Anker S D, John M, Pedersen P U, Raguso C, Cicoira M, Dardai E, Laviano A, Ponikowski P, Schols A M W J, Becker H F, Böhm M, Brunkhorst F M, Vogelmeier C
Division of Applied Cachexia Research, Department of Cardiology, Charité-Universitätsmedizin Berlin, CVK, Berlin, Germany.
Clin Nutr. 2006 Apr;25(2):311-8. doi: 10.1016/j.clnu.2006.01.017. Epub 2006 May 11.
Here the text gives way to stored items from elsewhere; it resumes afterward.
//! Comparisons and reductions of numbers that begin with zeros: these do not count.

ghost use Rattle.std.specs.Prelude.{◌≡◌, true, IfOk, IfSome};
ghost use Rattle.net_core.specs.declared.tree.Net.{Net};
ghost use Rattle.net_core.specs.declared.tree.Word.{Word};
ghost use Rattle.net_core.specs.View.{tree_of, trees_of};
ghost use Rattle.net_core.specs.Value.{Env, value, apply, concatenated_parts};
ghost use Rattle.net_optimize.specs.Numbers.{ComparesNumbers};

use net_core::build::{self, binary};
use net_core::net_trees::copying::{copied, copied_parts};
use net_core::tree::{Expr, Net, Op, Parts, Word};
use std::alloc::{AllocError, Global};

// Whether an operator compares two numbers.
fn compares(op: Op) -> bool
    ensures { result ≡ true → ComparesNumbers op }
{
    matches!(
        op,
        Op::Equal | Op::NotEqual | Op::Less | Op::LessEqual | Op::Greater | Op::GreaterEqual
    )
}

// How many zeros stand at the high end of a constant or of a concatenation, where some other bit is left.
fn zeros(e: &Expr<Net>) -> u8 {
    match e {
        Expr::Const(word) => {
            let bits = 64 - word.value.leading_zeros();
            let bits = if bits == 0 { 1 } else { bits };
            word.width.saturating_sub(bits as u8)
        }
        Expr::Concatenation(parts) => match &**parts {
            Parts::More(Expr::Const(word), _) if word.value == 0 => word.width,
            _ => 0,
        },
        _ => 0,
    }
}

// The parts of a concatenation as an expression.
fn as_one(alloc: Global, parts: &Parts<Net>) -> Result<Expr<Net>, AllocError>
    ensures { IfOk result (λ r. (v : Env Net) → value v (tree_of r) ≡ concatenated_parts v (trees_of parts.now)) }
{
    match parts {
        Parts::Last(e) => copied(alloc, e),
        Parts::More(..) => {
            let parts = copied_parts(alloc, parts)?;
            Ok(Expr::Concatenation(Box::new(alloc, parts)?))
        }
    }
}

// A concatenation with so many zeros less at its high end, if it has them.
fn parts_without(
    alloc: Global,
    parts: &Parts<Net>,
    less: u8,
) -> Result<Option<Expr<Net>>, AllocError>
    ensures { IfOk result (λ o. IfSome o (λ r. (v : Env Net) → (value v (tree_of r)).value ≡ (concatenated_parts v (trees_of parts.now)).value)) }
{
    let Parts::More(Expr::Const(word), rest) = parts else {
        return Ok(None);
    };
    if word.value != 0 || word.width < less {
        return Ok(None);
    }
    let rest = as_one(alloc, rest)?;
    if word.width == less {
        return Ok(Some(rest));
    }
    let first = Expr::Const(Word {
        width: word.width - less,
        value: 0,
    });
    let mut prefix = Vec::new(alloc);
    prefix.push(first)?;
    let parts = build::parts(alloc, prefix, rest)?;
    Ok(Some(Expr::Concatenation(Box::new(alloc, parts)?)))
}

/// An expression of the same number with so many zeros less at its high end, if it has them.
fn without(alloc: Global, e: &Expr<Net>, less: u8) -> Result<Option<Expr<Net>>, AllocError>
    ensures { IfOk result (λ o. IfSome o (λ r. (v : Env Net) → (value v (tree_of r)).value ≡ (value v (tree_of e.now)).value)) }
{
    match e {
        Expr::Const(word) if word.width > less => Ok(Some(Expr::Const(Word {
            width: word.width - less,
            value: word.value,
        }))),
        Expr::Concatenation(parts) => parts_without(alloc, parts, less),
        _ => Ok(None),
    }
}

/// An expression of the same number without the zeros at its high end, if it has some.
pub(crate) fn shortest(alloc: Global, e: &Expr<Net>) -> Result<Option<Expr<Net>>, AllocError>
    ensures { IfOk result (λ o. IfSome o (λ r. (v : Env Net) → (value v (tree_of r)).value ≡ (value v (tree_of e.now)).value)) }
{
    let less = zeros(e);
    if less == 0 {
        return Ok(None);
    }
    without(alloc, e, less)
}

/// A comparison of numbers without the zeros that stand at the high end of both, if it is one of such numbers.
pub(crate) fn compared(
    alloc: Global,
    op: Op,
    a: &Expr<Net>,
    b: &Expr<Net>,
) -> Result<Option<Expr<Net>>, AllocError>
    ensures { IfOk result (λ o. IfSome o (λ r. (v : Env Net) → value v (tree_of r) ≡ apply op (value v (tree_of a.now)) (value v (tree_of b.now)))) }
{
    let less = zeros(a).min(zeros(b));
    if less == 0 || !compares(op) {
        return Ok(None);
    }
    let Some(left) = without(alloc, a, less)? else {
        return Ok(None);
    };
    let Some(right) = without(alloc, b, less)? else {
        return Ok(None);
    };
    let whole = binary(alloc, op, left, right)?;
    Ok(Some(whole))
}
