//! Concatenations from their parts, of which neighbours are one where they can be.

ghost use Rattle.std.specs.Prelude.{◌≡◌, IfOk, IfSome, map};
ghost use Rattle.net_core.specs.declared.tree.Net.{Net};
ghost use Rattle.net_core.specs.declared.tree.Word as words;
ghost use Rattle.net_core.specs.View.{tree_of, trees_of};
ghost use Rattle.net_core.specs.Value.{Env, value, part_select, concatenated, concatenated_parts};
ghost use Rattle.net_optimize.specs.Lists.{all_parts};

use net_core::build::{constant, parts};
use net_core::net_trees::copying::copied;
use net_core::tree::{Expr, Net, Parts, Word};
use std::alloc::{AllocError, Global};

/// How many bits a constant has at most.
const MOST_BITS: u8 = 64;

// Two constants as one, where it is not too wide.
fn one_constant(a: Word, b: Word) -> Option<Word>
    ensures { IfSome result (λ w. w ≡ concatenated a b) }
{
    if a.width >= MOST_BITS || b.width >= MOST_BITS || a.width + b.width > MOST_BITS {
        return None;
    }
    let scale = 2u64.checked_pow(u32::from(b.width))?;
    let high = a.value.checked_mul(scale)?;
    let value = high.checked_add(b.value)?;
    Some(Word {
        width: a.width + b.width,
        value,
    })
}

/// Bits of a net, from a high one down to a low one.
#[derive(Clone, Copy)]
struct Bits {
    net: Net,
    high: u8,
    low: u8,
}

// The bits of a net that an expression reads.
fn bits_of(e: &Expr<Net>) -> Option<Bits>
    ensures { IfSome result (λ b. (v : Env Net) → value v (tree_of e.now) ≡ part_select (v.net b.net) b.high b.low) }
{
    match e {
        Expr::Bit(n, bit) => Some(Bits {
            net: *n,
            high: *bit,
            low: *bit,
        }),
        Expr::PartSelect(n, high, low) => Some(Bits {
            net: *n,
            high: *high,
            low: *low,
        }),
        _ => None,
    }
}

// One part that stands for two neighbours: constants, or bits of one net.
fn one_part(a: &Expr<Net>, b: &Expr<Net>) -> Option<Expr<Net>>
    ensures { IfSome result (λ r. (v : Env Net) → value v (tree_of r) ≡ concatenated (value v (tree_of a.now)) (value v (tree_of b.now))) }
{
    if let (Expr::Const(x), Expr::Const(y)) = (a, b) {
        let word = one_constant(*x, *y)?;
        return Some(Expr::Const(word));
    }
    let above = bits_of(a)?;
    let below = bits_of(b)?;
    if above.net == below.net
        && above.low <= above.high
        && below.low <= below.high
        && below.high < above.low
        && above.low - below.high == 1
    {
        return Some(Expr::PartSelect(above.net, above.high, below.low));
    }
    None
}

// A part after others: one with the last of these where they can be one.
fn with_part(
    alloc: Global,
    mut list: Vec<Expr<Net>>,
    part: Expr<Net>,
) -> Result<Vec<Expr<Net>>, AllocError>
    ensures { IfOk result (λ r. (v : Env Net) → all_parts v (map tree_of r.items) ≡ concatenated (all_parts v (map tree_of list.items)) (value v (tree_of part))) }
{
    let last = match list.pop() {
        Some(last) => last,
        None => {
            list.push(part)?;
            return Ok(list);
        }
    };
    if let Some(one) = one_part(&last, &part) {
        list.push(one)?;
        return Ok(list);
    }
    list.push(last)?;
    list.push(part)?;
    Ok(list)
}

// Parts after others. Without a recursion over them: there may be any number.
fn with_copies(
    alloc: Global,
    list: Vec<Expr<Net>>,
    parts: &Parts<Net>,
) -> Result<Vec<Expr<Net>>, AllocError>
    ensures { IfOk result (λ r. (v : Env Net) → all_parts v (map tree_of r.items) ≡ concatenated (all_parts v (map tree_of list.items)) (concatenated_parts v (trees_of parts.now))) }
{
    let mut all = list;
    let mut left = parts;
    while let Parts::More(part, more) = left {
        let part = copied(alloc, part)?;
        all = with_part(alloc, all, part)?;
        left = more;
    }
    match left {
        Parts::Last(last) => {
            let last = copied(alloc, last)?;
            let whole = with_part(alloc, all, last)?;
            Ok(whole)
        }
        Parts::More(..) => unreachable!(),
    }
}

/// A part after others, or its parts where it is a concatenation.
pub(crate) fn with_parts(
    alloc: Global,
    list: Vec<Expr<Net>>,
    part: Expr<Net>,
) -> Result<Vec<Expr<Net>>, AllocError>
    ensures { IfOk result (λ r. (v : Env Net) → all_parts v (map tree_of r.items) ≡ concatenated (all_parts v (map tree_of list.items)) (value v (tree_of part))) }
{
    match part {
        Expr::Concatenation(parts) => with_copies(alloc, list, &parts),
        part => with_part(alloc, list, part),
    }
}

// A concatenation of parts, or the only one.
fn concatenation(alloc: Global, mut list: Vec<Expr<Net>>) -> Result<Expr<Net>, AllocError>
    ensures { IfOk result (λ r. (v : Env Net) → value v (tree_of r) ≡ all_parts v (map tree_of list.items)) }
{
    let Some(last) = list.pop() else {
        return Ok(constant(0, 0));
    };
    if list.is_empty() {
        return Ok(last);
    }
    let all = parts(alloc, list, last)?;
    Ok(Expr::Concatenation(Box::new(alloc, all)?))
}

/// The same, where making the parts may have failed.
pub(crate) fn whole_of(
    alloc: Global,
    list: Result<Vec<Expr<Net>>, AllocError>,
) -> Result<Expr<Net>, AllocError>
    ensures { (v : Env Net) (x : words.Word) → IfOk list (λ xs. all_parts v (map tree_of xs.items) ≡ x) → IfOk result (λ r. value v (tree_of r) ≡ x) }
{
    let list = list?;
    concatenation(alloc, list)
}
These guidelines are intended to give evidence-based recommendations for the use of enteral nutrition (EN) in patients with chronic heart failure (CHF) and chronic obstructive pulmonary disease (COPD). They were developed by an interdisciplinary expert group in accordance with officially accepted standards and are based on all relevant publications since 1985. They have been discussed and accepted in a consensus conference. EN by means of oral nutritional supplements (ONS) or tube feeding (TF) enables nutritional intake to be maintained or increased when normal oral intake is inadequate. No data are yet available concerning the effects of EN on cachexia in CHF patients. However, EN is recommended to stop or reverse weight loss on the basis of physiological plausibility. In COPD patients, EN in combination with exercise and anabolic pharmacotherapy has the potential to improve nutritional status and function. Frequent small amounts of ONS are preferred in order to avoid postprandial dyspnoea and satiety as well as to improve compliance.
本指南旨在为慢性心力衰竭(CHF)和慢性阻塞性肺疾病(COPD)患者肠内营养(EN)的使用提供循证建议。该指南由一个跨学科专家组按照官方认可的标准制定,基于1985年以来的所有相关出版物。它们在一次共识会议上进行了讨论并获得通过。当正常经口摄入量不足时,通过口服营养补充剂(ONS)或管饲(TF)进行肠内营养可维持或增加营养摄入。目前尚无关于肠内营养对CHF患者恶病质影响的数据。然而,基于生理合理性,建议采用肠内营养来阻止或扭转体重下降。在COPD患者中,肠内营养与运动及合成代谢药物治疗相结合有可能改善营养状况和功能。为避免餐后呼吸困难和饱腹感并提高依从性,建议频繁少量使用口服营养补充剂。